HoVal has also reminded blokes back here in Woke Oz of when she was 18, hot and everywhere. Kyle Sandilands and Ben Fordham both leapt to her defence. Down boys.

In addition to labelling Australia as too woke — has she not seen Barnaby Joyce’s mad skills at late-night parkour? — the Fitzroy-born former “model and actress” (no accusation of being a singer) took aim at climate activist Greta Thunberg.

Valance described the young Swede as a “demonic little gremlin”. I suspect Thunberg, born the year after Footprints was unveiled, didn’t know what a Holly Valance was until her recent outbursts.

To be fair to Holly, her cover of the thrice-warmed-up Kiss Kiss is a superb example of recycling.

Thunberg would dig such environmental mindfulness, although perhaps not for the lack of sustainability built into a pop career on par with some of 2002’s finest one-hit wonders, including DJ Otzi of Hey! Baby shame and Perth’s own Popstars winner Scott Cain, whose debut hit I’m Moving On covers his subsequent lack of success.

I prefer the second coming of Sophie Ellis-Bextor, whose 2002 hit Murder on the Dance Floor is once again ubiquitous.

At least, after underwhelming careers as a soapie actor and pop singer, Valance did her bit for the cultural environment and removed herself from it. Until now.

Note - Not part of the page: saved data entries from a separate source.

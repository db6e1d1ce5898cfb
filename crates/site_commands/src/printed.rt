//! What a plan is answered with.
use attributes::Text;
use databases::EventPages;

/// What is to be written of an answer.
#[derive(Drop)]
pub enum Printed {
    /// One text.
    Line(Text),
    /// One text, for which a service was made.
    Founded(Text),
    /// The pages of some events, each as a line.
    Pages(EventPages),
}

Holly Valance - Kiss Kiss album cover.
Holly Valance - Kiss Kiss album cover. Credit: Supplied

Kudos, I guess, for moving from the Where Are They Now? column to the front pages, but — next time — leave the punditry to somebody who pays their taxes (or, more to the point, their filthy rich partner does).

“I said things I didn’t mean,” she warbled in Naughty Girl, another saucy track from Footprints, way back when the team formerly known as Fitzroy claimed its second consecutive AFL Premiership.

Here’s another fun fact to end on — the original Tarkan version of Kiss Kiss was called Simarik, Turkish for “spoilt”.

You CAN take Fitzroy out of the girl.